What to do => Could you reproduce every entry that follows, exactly as shown?

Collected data

//! Runs that are judged: what is printed of one, and behind that what it wrote that isn't as its scenario expects.

ghost use Rattle.std.specs.Prelude.{◌≡◌, ◌≤◌, [], IfOk, Ok, length};
ghost use Rattle.trace_io.specs.Input.{longest_input};
ghost use Rattle.trace_io.specs.declared.words.Task.TheVariants.{Alone, Left, Run, Steps};
ghost use Rattle.trace_scenario.specs.declared.scenario.Scenario.{Scenario};
ghost use Rattle.trace_main.specs.Program.{Begins, EndsTold, IsSilentAtBad, Performs, judged_text};
ghost use Rattle.trace_main.specs.Source.{IsReadFirst, Stands, scenario_in};

use crate::source::{Opened, Source};
use crate::told::write_all;
use std::alloc::{AllocError, Global};
use std::io::Write;
use trace_io::Fault;
use trace_judged::{expectations, told_text, unexpected_in};
use trace_run::{TaskEnd, print_left, print_steps, run, run_alone};
use trace_scenario::{Lined, Scenario};
use usb_model::Name;

/// What is told of a scenario behind its run: what it wrote that isn't as expected, if there is any. It is known before anything is
/// printed, so that want of memory leaves no line. The run is made for it, and its text read once more, only where something is expected.
fn judged(alloc: Global, source: &Source<'_>) -> Result<Vec<u8>, AllocError>
    ensures { IfOk result (λ told. (s : Scenario) → scenario_in source.now ≡ Ok s → told.items ≡ judged_text source.now s) }
{
    let Some(expected) = expectations(alloc, source.text())? else {
        return Ok(Vec::new(alloc));
    };
    let Ok(
        Lined {
            scenario,
            lines,
            ..
        },
    ) = source.read(alloc, None)
    else {
        return Err(AllocError);
    };
    let lines = source.told(alloc, lines.as_slice())?;
    let unexpected = unexpected_in(alloc, expected.as_slice(), scenario, lines.as_slice())?;
    told_text(alloc, unexpected)
}

/// Tells it behind the run, if there is any.
fn tell_judged<W: Write>(told: Vec<u8>, out: &mut W) -> Result<TaskEnd, Fault>
    ensures { EndsTold told.items (W.contents out.old) (W.contents out.new) result }
{
    if told.is_empty() {
        return Ok(TaskEnd::Good);
    }
    write_all(out, told.as_slice())?;
    Ok(TaskEnd::Unexpected)
}

/// Prints the entries of a text's scenario.
#[tactic(auto, using(crate::proofs::Begun::nothing_of, crate::proofs::Words::silent_same, crate::proofs::Words::silent_of))]
pub(crate) fn entries<W: Write>(alloc: Global, text: &[u8], out: &mut W) -> Result<TaskEnd, Fault>
    requires { length text.now ≤ longest_input }
    ensures ends { Performs Run text.now [] (W.contents out.old) (W.contents out.new) result }
    ensures silent { IsSilentAtBad text.now (W.contents out.old) (W.contents out.new) }
    ensures begun { Begins Run text.now (W.contents out.old) (W.contents out.new) }
{
    let Opened { source, first } = Source::open(alloc, text)?;
    let scenario = source.scenario(alloc, first)?;
    let told = judged(alloc, &source)?;
    run(alloc, scenario, out)?;
    tell_judged(told, out)
}

/// Prints the entries of a scenario, each behind the number and the text of its step's line.
#[tactic(auto, using(crate::proofs::Begun::nothing_of, crate::proofs::Words::silent_same, crate::proofs::Words::silent_of))]
fn steps_of<W: Write>(
    alloc: Global,
    source: &Source<'_>,
    first: Option<Lined<'_>>,
    out: &mut W,
) -> Result<TaskEnd, Fault>
    requires short { length source.now.given ≤ longest_input }
    requires stands { Stands source.now }
    requires first { IsReadFirst source.now first }
    ensures ends { Performs Steps source.now.given [] (W.contents out.old) (W.contents out.new) result }
    ensures silent { IsSilentAtBad source.now.given (W.contents out.old) (W.contents out.new) }
    ensures begun { Begins Steps source.now.given (W.contents out.old) (W.contents out.new) }
{
    let Lined {
        scenario,
        lines,
        ..
    } = source.read(alloc, first)?;
    let told = judged(alloc, source)?;
    let lines = source.told(alloc, lines.as_slice())?;
    print_steps(alloc, scenario, lines.as_slice(), out)?;
    tell_judged(told, out)
}

/// Prints the entries of a text's scenario, each behind the number and the text of its step's line.
#[tactic(auto, using(crate::proofs::Begun::nothing_of, crate::proofs::Words::silent_same))]
pub(crate) fn steps<W: Write>(alloc: Global, text: &[u8], out: &mut W) -> Result<TaskEnd, Fault>
    requires { length text.now ≤ longest_input }
    ensures ends { Performs Steps text.now [] (W.contents out.old) (W.contents out.new) result }
    ensures silent { IsSilentAtBad text.now (W.contents out.old) (W.contents out.new) }
    ensures begun { Begins Steps text.now (W.contents out.old) (W.contents out.new) }
{
    let Opened { source, first } = Source::open(alloc, text)?;
    steps_of(alloc, &source, first, out)
}

/// Prints what the run of a text's scenario leaves behind.
#[tactic(auto, using(crate::proofs::Begun::nothing_of, crate::proofs::Words::silent_same, crate::proofs::Words::silent_of))]
pub(crate) fn left<W: Write>(alloc: Global, text: &[u8], out: &mut W) -> Result<TaskEnd, Fault>
    requires { length text.now ≤ longest_input }
    ensures ends { Performs Left text.now [] (W.contents out.old) (W.contents out.new) result }
    ensures silent { IsSilentAtBad text.now (W.contents out.old) (W.contents out.new) }
    ensures begun { Begins Left text.now (W.contents out.old) (W.contents out.new) }
{
    let Opened { source, first } = Source::open(alloc, text)?;
    let scenario = source.scenario(alloc, first)?;
    let told = judged(alloc, &source)?;
    print_left(alloc, scenario, out)?;
    tell_judged(told, out)
}

/// Prints the entries of a handle of a text's scenario, alone over its own steps.
#[tactic(auto, using(crate::proofs::Begun::nothing_of, crate::proofs::Words::silent_same, crate::proofs::Words::silent_of, crate::proofs::Words::alone_ends, crate::proofs::Words::alone_begun))]
pub(crate) fn alone<W: Write>(
    alloc: Global,
    text: &[u8],
    h: Name,
    out: &mut W,
) -> Result<TaskEnd, Fault>
    requires { length text.now ≤ longest_input }
    ensures ends { Performs (Alone h) text.now [] (W.contents out.old) (W.contents out.new) result }
    ensures silent { IsSilentAtBad text.now (W.contents out.old) (W.contents out.new) }
    ensures begun { Begins (Alone h) text.now (W.contents out.old) (W.contents out.new) }
{
    let Opened { source, first } = Source::open(alloc, text)?;
    let scenario = source.scenario(alloc, first)?;
    let Scenario { setup, .. } = source.scenario(alloc, None)?;
    run_alone(alloc, scenario, setup, h, out)
}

Problem solution =>
//! Runs that are judged: what is printed of one, and behind that what it wrote that isn't as its scenario expects.

ghost use Rattle.std.specs.Prelude.{◌≡◌, ◌≤◌, [], IfOk, Ok, length};
ghost use Rattle.trace_io.specs.Input.{longest_input};
ghost use Rattle.trace_io.specs.declared.words.Task.TheVariants.{Alone, Left, Run, Steps};
ghost use Rattle.trace_scenario.specs.declared.scenario.Scenario.{Scenario};
ghost use Rattle.trace_main.specs.Program.{Begins, EndsTold, IsSilentAtBad, Performs, judged_text};
ghost use Rattle.trace_main.specs.Source.{IsReadFirst, Stands, scenario_in};

use crate::source::{Opened, Source};
use crate::told::write_all;
use std::alloc::{AllocError, Global};
use std::io::Write;
use trace_io::Fault;
use trace_judged::{expectations, told_text, unexpected_in};
use trace_run::{TaskEnd, print_left, print_steps, run, run_alone};
use trace_scenario::{Lined, Scenario};
use usb_model::Name;

/// What is told of a scenario behind its run: what it wrote that isn't as expected, if there is any. It is known before anything is
/// printed, so that want of memory leaves no line. The run is made for it, and its text read once more, only where something is expected.
fn judged(alloc: Global, source: &Source<'_>) -> Result<Vec<u8>, AllocError>
    ensures { IfOk result (λ told. (s : Scenario) → scenario_in source.now ≡ Ok s → told.items ≡ judged_text source.now s) }
{
    let Some(expected) = expectations(alloc, source.text())? else {
        return Ok(Vec::new(alloc));
    };
    let Ok(
        Lined {
            scenario,
            lines,
            ..
        },
    ) = source.read(alloc, None)
    else {
        return Err(AllocError);
    };
    let lines = source.told(alloc, lines.as_slice())?;
    let unexpected = unexpected_in(alloc, expected.as_slice(), scenario, lines.as_slice())?;
    told_text(alloc, unexpected)
}

/// Tells it behind the run, if there is any.
fn tell_judged<W: Write>(told: Vec<u8>, out: &mut W) -> Result<TaskEnd, Fault>
    ensures { EndsTold told.items (W.contents out.old) (W.contents out.new) result }
{
    if told.is_empty() {
        return Ok(TaskEnd::Good);
    }
    write_all(out, told.as_slice())?;
    Ok(TaskEnd::Unexpected)
}

/// Prints the entries of a text's scenario.
#[tactic(auto, using(crate::proofs::Begun::nothing_of, crate::proofs::Words::silent_same, crate::proofs::Words::silent_of))]
pub(crate) fn entries<W: Write>(alloc: Global, text: &[u8], out: &mut W) -> Result<TaskEnd, Fault>
    requires { length text.now ≤ longest_input }
    ensures ends { Performs Run text.now [] (W.contents out.old) (W.contents out.new) result }
    ensures silent { IsSilentAtBad text.now (W.contents out.old) (W.contents out.new) }
    ensures begun { Begins Run text.now (W.contents out.old) (W.contents out.new) }
{
    let Opened { source, first } = Source::open(alloc, text)?;
    let scenario = source.scenario(alloc, first)?;
    let told = judged(alloc, &source)?;
    run(alloc, scenario, out)?;
    tell_judged(told, out)
}

/// Prints the entries of a scenario, each behind the number and the text of its step's line.
#[tactic(auto, using(crate::proofs::Begun::nothing_of, crate::proofs::Words::silent_same, crate::proofs::Words::silent_of))]
fn steps_of<W: Write>(
    alloc: Global,
    source: &Source<'_>,
    first: Option<Lined<'_>>,
    out: &mut W,
) -> Result<TaskEnd, Fault>
    requires short { length source.now.given ≤ longest_input }
    requires stands { Stands source.now }
    requires first { IsReadFirst source.now first }
    ensures ends { Performs Steps source.now.given [] (W.contents out.old) (W.contents out.new) result }
    ensures silent { IsSilentAtBad source.now.given (W.contents out.old) (W.contents out.new) }
    ensures begun { Begins Steps source.now.given (W.contents out.old) (W.contents out.new) }
{
    let Lined {
        scenario,
        lines,
        ..
    } = source.read(alloc, first)?;
    let told = judged(alloc, source)?;
    let lines = source.told(alloc, lines.as_slice())?;
    print_steps(alloc, scenario, lines.as_slice(), out)?;
    tell_judged(told, out)
}

/// Prints the entries of a text's scenario, each behind the number and the text of its step's line.
#[tactic(auto, using(crate::proofs::Begun::nothing_of, crate::proofs::Words::silent_same))]
pub(crate) fn steps<W: Write>(alloc: Global, text: &[u8], out: &mut W) -> Result<TaskEnd, Fault>
    requires { length text.now ≤ longest_input }
    ensures ends { Performs Steps text.now [] (W.contents out.old) (W.contents out.new) result }
    ensures silent { IsSilentAtBad text.now (W.contents out.old) (W.contents out.new) }
    ensures begun { Begins Steps text.now (W.contents out.old) (W.contents out.new) }
{
    let Opened { source, first } = Source::open(alloc, text)?;
    steps_of(alloc, &source, first, out)
}

/// Prints what the run of a text's scenario leaves behind.
#[tactic(auto, using(crate::proofs::Begun::nothing_of, crate::proofs::Words::silent_same, crate::proofs::Words::silent_of))]
pub(crate) fn left<W: Write>(alloc: Global, text: &[u8], out: &mut W) -> Result<TaskEnd, Fault>
    requires { length text.now ≤ longest_input }
    ensures ends { Performs Left text.now [] (W.contents out.old) (W.contents out.new) result }
    ensures silent { IsSilentAtBad text.now (W.contents out.old) (W.contents out.new) }
    ensures begun { Begins Left text.now (W.contents out.old) (W.contents out.new) }
{
    let Opened { source, first } = Source::open(alloc, text)?;
    let scenario = source.scenario(alloc, first)?;
    let told = judged(alloc, &source)?;
    print_left(alloc, scenario, out)?;
    tell_judged(told, out)
}

/// Prints the entries of a handle of a text's scenario, alone over its own steps.
#[tactic(auto, using(crate::proofs::Begun::nothing_of, crate::proofs::Words::silent_same, crate::proofs::Words::silent_of, crate::proofs::Words::alone_ends, crate::proofs::Words::alone_begun))]
pub(crate) fn alone<W: Write>(
    alloc: Global,
    text: &[u8],
    h: Name,
    out: &mut W,
) -> Result<TaskEnd, Fault>
    requires { length text.now ≤ longest_input }
    ensures ends { Performs (Alone h) text.now [] (W.contents out.old) (W.contents out.new) result }
    ensures silent { IsSilentAtBad text.now (W.contents out.old) (W.contents out.new) }
    ensures begun { Begins (Alone h) text.now (W.contents out.old) (W.contents out.new) }
{
    let Opened { source, first } = Source::open(alloc, text)?;
    let scenario = source.scenario(alloc, first)?;
    let Scenario { setup, .. } = source.scenario(alloc, None)?;
    run_alone(alloc, scenario, setup, h, out)
}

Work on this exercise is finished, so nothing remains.